At present, the main customers of GaAs foundries are IDM giants such as Avago and Skyworks. A few years ago, Avago sold its Colorado plant to GaAs contract manufacturer Wenmao.Avago also took a stake in Wenmao.Avago became a majority shareholder in Wenmao.Avago supplies most of its HBT products to Wenmao.Gaas. All these show that IDM capacity outsourcing has become a trend and the compound semiconductor foundry market is growing rapidly.

The development of OEM business is largely due to the fact that GaAs technology and market have developed to a very mature stage, especially the continuous standardization of its substrate and device technology, product diversification, and the increase of corresponding design enterprises, which makes the demand for OEM business constantly increase.
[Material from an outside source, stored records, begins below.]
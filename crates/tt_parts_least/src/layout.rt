//! The encoding of the lectures of a group.

use std::alloc::{AllocError, Global};
use tt_instance::{Instance, MISSING_DAY_COST};

/// The maximum number of courses that a group concerns.
const COURSES: usize = 16;

/// The maximum number of curricula of a group.
const CURRICULA: usize = 64;

/// The maximum number of states of a table.
const STATES: u64 = 1_048_576;

/// The bits of a packed word.
const WORD: u32 = 64;

/// A course that a group concerns: its lectures, their position in a packed word, and the amount that one of them adds to a place.
#[derive(Clone, Copy)]
pub struct Course {
    pub number: u32,
    pub lectures: u32,
    pub shift: u32,
    pub weight: u32,
}

/// A course of the group that has more lectures than minimum days: so many further lectures cost nothing.
#[derive(Clone, Copy)]
pub struct Slack {
    pub shift: u32,
    pub mask: u64,
    pub further: u32,
    /// The amount that one further lecture adds to a place.
    pub weight: u32,
}

impl Slack {
    /// Returns the further lectures of the course on a day with these lectures.
    pub fn further_of(&self, packed: u64) -> u32 {
        let lectures = (packed >> (self.shift % WORD)) & self.mask;
        (lectures % 256) as u32 - u32::from(lectures % 256 != 0)
    }

    /// Returns the further lectures so far, at a place.
    pub fn further_at(&self, place: u32) -> u32 {
        let digits = place.checked_div(self.weight).unwrap_or(0);
        digits
            .checked_rem(self.further.saturating_add(1))
            .unwrap_or(0)
    }
}

/// Numbers of lectures of all courses are packed into one word: a field for each course, with one bit more than its lectures need. They are
/// also a place in a table: each digit has as many values as its course can have, and the digits of further lectures follow.
#[derive(Drop)]
pub struct Layout {
    pub courses: Vec<Course>,
    pub slacks: Vec<Slack>,
    /// The courses of the group that pay for each further lecture, a bit for each.
    pub tight: u32,
    /// All lectures, packed.
    pub full: u64,
    /// The highest bit of each field.
    pub guard: u64,
    /// The number of places for lectures alone, and the number with further lectures.
    pub places: u32,
    pub states: u32,
    /// The total number of lectures.
    pub lectures: u32,
    /// The cost that every timetable pays, since a course has no more days than lectures.
    pub base: u64,
}

/// Returns the lectures of a course; 0 if the course doesn't exist.
pub fn lectures_of(instance: &Instance<'_>, course: u32) -> u32 {
    if course < instance.courses() {
        instance.lectures(course)
    } else {
        0
    }
}

/// Returns the minimum days of a course; 0 if the course doesn't exist.
fn min_days_of(instance: &Instance<'_>, course: u32) -> u32 {
    if course < instance.courses() {
        instance.min_days(course)
    } else {
        0
    }
}

/// Returns the members of a curriculum; none if the curriculum doesn't exist.
pub fn members_of<'a>(instance: &'a Instance<'_>, curriculum: u32) -> &'a [u32] {
    if curriculum < instance.curricula() {
        instance.members(curriculum)
    } else {
        &[]
    }
}

/// Returns the courses that a group concerns, in order.
pub fn courses_of(
    alloc: Global,
    instance: &Instance<'_>,
    curricula: &[u32],
    own: &[u32],
) -> Result<Vec<u32>, AllocError> {
    let mut courses = Vec::from_slice(alloc, own)?;
    for curriculum in curricula {
        for course in members_of(instance, *curriculum) {
            if !courses.contains(course) {
                courses.push(*course)?;
            }
        }
    }
    courses.sort_unstable();
    Ok(courses)
}

impl Layout {
    /// Returns a layout without courses.
    fn empty(alloc: Global) -> Layout {
        Layout {
            courses: Vec::new(alloc),
            slacks: Vec::new(alloc),
            tight: 0,
            full: 0,
            guard: 0,
            places: 1,
            states: 1,
            lectures: 0,
            base: 0,
        }
    }

    /// Counts the lectures of a course. Returns the number of bits that are used then, or `None` if there are too many bits or places.
    fn add_course(
        &mut self,
        number: u32,
        lectures: u32,
        taken: u32,
    ) -> Result<Option<u32>, AllocError> {
        let bits = u32::BITS - lectures.leading_zeros();
        let next = taken.saturating_add(bits).saturating_add(1);
        let places = u64::from(self.places).saturating_mul(u64::from(lectures) + 1);
        if WORD < next || STATES < places {
            return Ok(None);
        }
        self.courses.push(Course {
            number,
            lectures,
            shift: taken,
            weight: self.places,
        })?;
        self.full |= u64::from(lectures) << (taken % WORD);
        self.guard |= 1 << (next.saturating_sub(1) % WORD);
        self.places = places as u32;
        self.lectures = self.lectures.saturating_add(lectures);
        Ok(Some(next))
    }

    /// Counts the further lectures of a course of the group. Returns `false` if there are too many states.
    fn add_own(&mut self, place: usize, min_days: u32) -> Result<bool, AllocError> {
        let Some(course) = self.courses.get(place).copied() else {
            return Ok(true);
        };
        if course.lectures <= min_days {
            self.tight |= 1 << (place % 32);
            let missing = u64::from(min_days - course.lectures);
            let price = missing.saturating_mul(u64::from(MISSING_DAY_COST));
            self.base = self.base.saturating_add(price);
            return Ok(true);
        }
        let further = course.lectures - min_days;
        let states = u64::from(self.states).saturating_mul(u64::from(further) + 1);
        if STATES < states {
            return Ok(false);
        }
        let bits = u32::BITS - course.lectures.leading_zeros();
        self.slacks.push(Slack {
            shift: course.shift,
            mask: (1 << (bits % WORD)) - 1,
            further,
            weight: self.states,
        })?;
        self.states = states as u32;
        Ok(true)
    }

    /// Counts the lectures of all courses.
    fn of_courses(
        alloc: Global,
        instance: &Instance<'_>,
        numbers: &[u32],
    ) -> Result<Option<Layout>, AllocError> {
        let mut layout = Layout::empty(alloc);
        let mut taken = 0;
        for number in numbers {
            match layout.add_course(*number, lectures_of(instance, *number), taken)? {
                Some(next) => taken = next,
                None => return Ok(None),
            }
        }
        layout.states = layout.places;
        Ok(Some(layout))
    }

    /// Returns the layout of a group, or `None` if the group is too large for it.
    pub fn new(
        alloc: Global,
        instance: &Instance<'_>,
        curricula: &[u32],
        own: &[u32],
    ) -> Result<Option<Layout>, AllocError> {
        let numbers = courses_of(alloc, instance, curricula, own)?;
        if COURSES < numbers.len() || CURRICULA < curricula.len() {
            return Ok(None);
        }
        let Some(mut layout) = Layout::of_courses(alloc, instance, &numbers)? else {
            return Ok(None);
        };
        for (place, number) in numbers.iter().enumerate() {
            if own.contains(number) && !layout.add_own(place, min_days_of(instance, *number))? {
                return Ok(None);
            }
        }
        Ok(Some(layout))
    }
}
This is similar to the development trajectory of the logic device generation industry.

With the popularization of 5G, the corresponding orders of high-performance RF and power devices have increased significantly. The over-expectation of orders has strained the production capacity of GaAs wafer foundry factories. With the large-scale application of 5G, the demand of this market will further increase, and leading manufacturers' capacity will enter the full load cycle, bringing business opportunities for compound semiconductor manufacturers in mainland China. In the domestic GaAs OEM field, the overall number of players is not large, and it is very rare to provide high-level OEM business, mainly SAN 'an Photoelectric, Haite high-tech and other few enterprises. Among them, SAN 'an Optoelectronics, as a leading enterprise in the field of domestic compound semiconductor, has built the first 6-inch GaAs and GaN epitaxial wafer production line in China and put it into mass production.

In terms of process technology, compound semiconductor is very different from memory and logic devices, because the former is oriented to RF, high voltage, high power, optoelectronics and other applications, and does not pursue very advanced process nodes, GaAs devices are mainly 0.13μm, 0.18μm and above processes, Qorvo is developing 90nm process. Processes below 60nm are generally not required in this field.

In addition, due to GaAs substrate size limitations, current production lines are dominated by 4 - and 6-inch wafers.

conclusion

In terms of material properties, the second generation of compound semiconductors, represented by GaAs, is significantly better than the first generation of semiconductor materials, silicon, especially in the field of radio frequency and optoelectronics applications. At the same time, compared with SiC, GaN and other third-generation compound semiconductor materials, GaAs also has obvious advantages in process maturity and cost performance, especially in the field of low and medium voltage applications.

In conclusion, GaAs and InP will still occupy the majority of the current and future compound semiconductor market, while SiC and GaN will gradually expand their market share in high-power applications.

In terms of GaAs chip manufacturing, the development trend is similar to that of logic chips (represented by cpus, Gpus and other processors), that is, the proportion of wafer foundry is gradually increasing, while the market share of IDM is declining. However, in the foreseeable future, IDM will still occupy half of the world, rival with wafer foundry.